Occasional anxiousness is a normal part of life. However, with anxiety disorders, everyday situations can trigger feelings of worry or fear that are intense, persistent, or uncontrollable. Anxiety disorders can interfere with work, school, family, relationships, social life, and overall well-being.

Having an anxiety disorder is a risk factor for depression, and both disorders can occur together. Living with an untreated mental health disorder can have serious consequences.

What are the symptoms of anxiety disorders?

Symptoms of anxiety disorders vary from person to person. Common symptoms include:

  • Worrying excessively about everyday things
  • Trouble controlling worries or feelings of nervousness
  • Feeling restless, wound-up, irritable, or on-edge
  • Difficulty concentrating
  • Difficultly falling or staying asleep
  • Headaches, muscle aches, stomachaches, or unexplained pains

 Who is affected by anxiety disorders?

Anxiety disorders can affect people of all ages, races, ethnicities, and genders. Certain people may be at higher risk of developing an anxiety disorder such as people with a family history of anxiety or other mental disorders, or people who have been exposed to stressful and negative life or environmental events.

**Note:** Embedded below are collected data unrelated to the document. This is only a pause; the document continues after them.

//! Worked texts and their answers, and texts that are refused.
use crate::tests::rows::Row;
use co_text::Cause;

pub(crate) const TEXTS: &[Row] = &[
    // A timer counts its expirations.
    (
        "kq 1\nknotes 2\nadd 7 1500 ms\ntick 1\ntick 1.5\ntick 9\nevents 4\nevents 4\n",
        Ok("added\nticked 0\nticked 1\nticked 1\nevents 1\n7 2\nevents 0\n"),
    ),
    // A oneshot timer and a full list.
    (
        "kq 1\nknotes 1\nadd 1 1 s oneshot\nadd 2 1 s\nadd 2 0 s\ntick 5\nadd 1 2 s\ndelete 1\ndelete 1\n",
        Ok("added\nfull\nvalue\nticked 1\nadded\ndeleted 0\nnoentry\n"),
    ),
    // Events have an order and a room. By rising ident, as many as are asked for.
    (
        "kq 1\nknotes 3\nadd 9 1 s\nadd 2 1000 ms\nadd 5 1 s oneshot\ntick 1\nevents 0\nevents 2\nevents 2\nadd 5 1 ns\n",
        Ok("added\nadded\nadded\nticked 3\nevents 0\nevents 2\n2 1\n5 1\nevents 1\n9 1\nadded\n"),
    ),
    // A timer that is added again begins anew. What it had counted is thrown away, and its time counts from now.
    (
        "kq 1\nknotes 1\nadd 1 1 s\ntick 1\nadd 1 3 s\nevents 1\ntick 3\ntick 4\nevents 1\n",
        Ok("added\nticked 1\nadded\nevents 0\nticked 0\nticked 1\nevents 1\n1 1\n"),
    ),
    // A deleted timer fires no more. Its callout is armed yet: it goes to the next timer, or is stopped before a tick.
    (
        "kq 1\nknotes 1\nadd 1 1 s\ndelete 1\nadd 2 2 s\ntick 1\ntick 2\ndelete 2\ntick 9\nevents 4\n",
        Ok("added\ndeleted 0\nadded\nticked 0\nticked 1\ndeleted 1\nticked 0\nevents 0\n"),
    ),
    // No command has no answer.
    ("# none\nkq 1 # words\n\nknotes 1024\n", Ok("")),
    // A timer in the place of a deleted one counts alone: the deleted one's callout is due with the new one's, which alone counts.
    (
        "kq 1\nknotes 2\nadd 1 1 s\ndelete 1\nadd 2 1 s\ntick 1\nevents 4\nadd 1 1 s\ntick 2\n",
        Ok("added\ndeleted 0\nadded\nticked 1\nevents 1\n2 1\nadded\nticked 2\n"),
    ),
    // A value has its ends. A span is less than 2^31 seconds, and at least a unit of 2^-32 seconds.
    (
        "kq 1\nknotes 1\nadd 1 2147483648 s\nadd 1 18446744073709551615 ns\nadd 1 2147483647 s\nadd 18446744073709551615 1 ns\ndelete 1\nadd 18446744073709551615 1 ns\n",
        Ok("value\nvalue\nadded\nfull\ndeleted 0\nadded\n"),
    ),
    // Texts that are refused: first those whose third line is bad, in the order of the causes, then those of which the first lines or the clock are.
    ("kq 1\nknotes 2\ntick \x01", Err((3, Cause::Cut))),
    ("kq 1\nknotes 2\ndelete \x01\n", Err((3, Cause::Byte))),
    ("kq 1\nknotes 2\nadd 1 1\n", Err((3, Cause::Form))),
    ("kq 1\nknotes 2\nadd 1 1 h\n", Err((3, Cause::Form))),
    ("kq 1\nknotes 2\nadd 1 1 s twice\n", Err((3, Cause::Form))),
    ("kq 1\nknotes 2\nremove 1\n", Err((3, Cause::Form))),
    (
        "kq 1\nknotes 2\nadd 18446744073709551616 1 s\n",
        Err((3, Cause::Number)),
    ),
    (
        "kq 1\nknotes 2\nadd 1 18446744073709551616 s\n",
        Err((3, Cause::Number)),
    ),
    (
        "kq 1\nknotes 2\ndelete 18446744073709551616\n",
        Err((3, Cause::Number)),
    ),
    ("kq 1\nknotes 2\nevents 1025\n", Err((3, Cause::Number))),
    ("", Err((0, Cause::Version))),
    ("kq 2\n", Err((1, Cause::Version))),
    ("kq 1\n", Err((0, Cause::Form))),
    ("kq 1\nknotes 0\n", Err((2, Cause::Number))),
    ("kq 1\nknotes 1025\n", Err((2, Cause::Number))),
    ("kq 1\nknotes 1\ntick 2\ntick 1\n", Err((4, Cause::Falls))),
];
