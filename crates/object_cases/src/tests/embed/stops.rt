//! A stop, with each code that callout(9) has for it.

use super::replies::{SECOND, Told};
use super::tested::{EAGAIN, MPSAFE, MUTEX, Row, Step};

pub(crate) const LISTS: &[&[Row]] = &[
    // 1: it was pending. -1: it was not set, or serviced already.
    &[
        (Step::Init(0, MPSAFE), 0, Told::Any),
        (Step::Stop(0), 0, Told::Stopped(-1, 0)),
        (Step::Reset(0, SECOND, 8), 0, Told::Any),
        (Step::Stop(0), 0, Told::Stopped(1, 1)),
        (Step::Stop(0), 0, Told::Stopped(-1, 0)),
        (Step::Advance(SECOND), 0, Told::Any),
        (Step::Next, EAGAIN, Told::Any),
    ],
    // 0: its function runs. What was armed meanwhile is taken away all the same.
    &[
        (Step::Init(0, MPSAFE), 0, Told::Any),
        (Step::Reset(0, SECOND, 8), 0, Told::Any),
        (Step::Advance(SECOND), 1, Told::Any),
        (Step::Next, 0, Told::Any),
        (Step::Stop(0), 0, Told::Stopped(0, 0)),
        (Step::Reset(0, 2 * SECOND, 8), 0, Told::Armed(1, 2 * SECOND)),
        (Step::Stop(0), 0, Told::Stopped(0, 1)),
        (Step::End, 0, Told::Ended(0, 0)),
        (Step::Advance(2 * SECOND), 0, Told::Any),
    ],
    // 1: the call that waits for the callout's lock is cancelled.
    &[
        (Step::Init(0, MUTEX), 0, Told::Any),
        (Step::Reset(0, SECOND, 8), 0, Told::Any),
        (Step::Advance(SECOND), 1, Told::Any),
        (Step::Next, 0, Told::Any),
        (Step::Stop(0), 0, Told::Stopped(1, 0)),
        (Step::Begin, 0, Told::Skip),
        (Step::End, 0, Told::Ended(0, 0)),
        (Step::Stop(0), 0, Told::Stopped(-1, 0)),
    ],
];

How are anxiety disorders diagnosed?

A health care provider will ask questions about your feelings, mood, behavior patterns, and other aspects of your life. This screening may include a physical exam and blood test to rule out physical causes.

How to Get Help Now

If you or someone you know is struggling or in crisis, help is available. Call or text 988 to access the Suicide & Crisis Lifeline. You can also access the Lifeline via web chat at 988lifeline.org. The Lifeline provides free and confidential emotional support to people in suicidal crisis or emotional distress 24 hours a day, 7 days a week in the United States and U.S. territories.

How are anxiety disorders treated?

Anxiety disorders are treatable. Treatments can include psychotherapy, or “talk therapy,” stress management techniques, FDA-approved medications, such as anti-anxiety or antidepressants, or a combination of these treatments. Talk to a health care provider to determine the best treatment for you.

Anxiety disorders and clinical trials

The FDA encourages people from diverse backgrounds to participate in clinical trials. If you think an anxiety disorder clinical trial may be right for you, talk to your health care provider. You can also search for clinical trials in your area at www.ClinicalTrials.gov.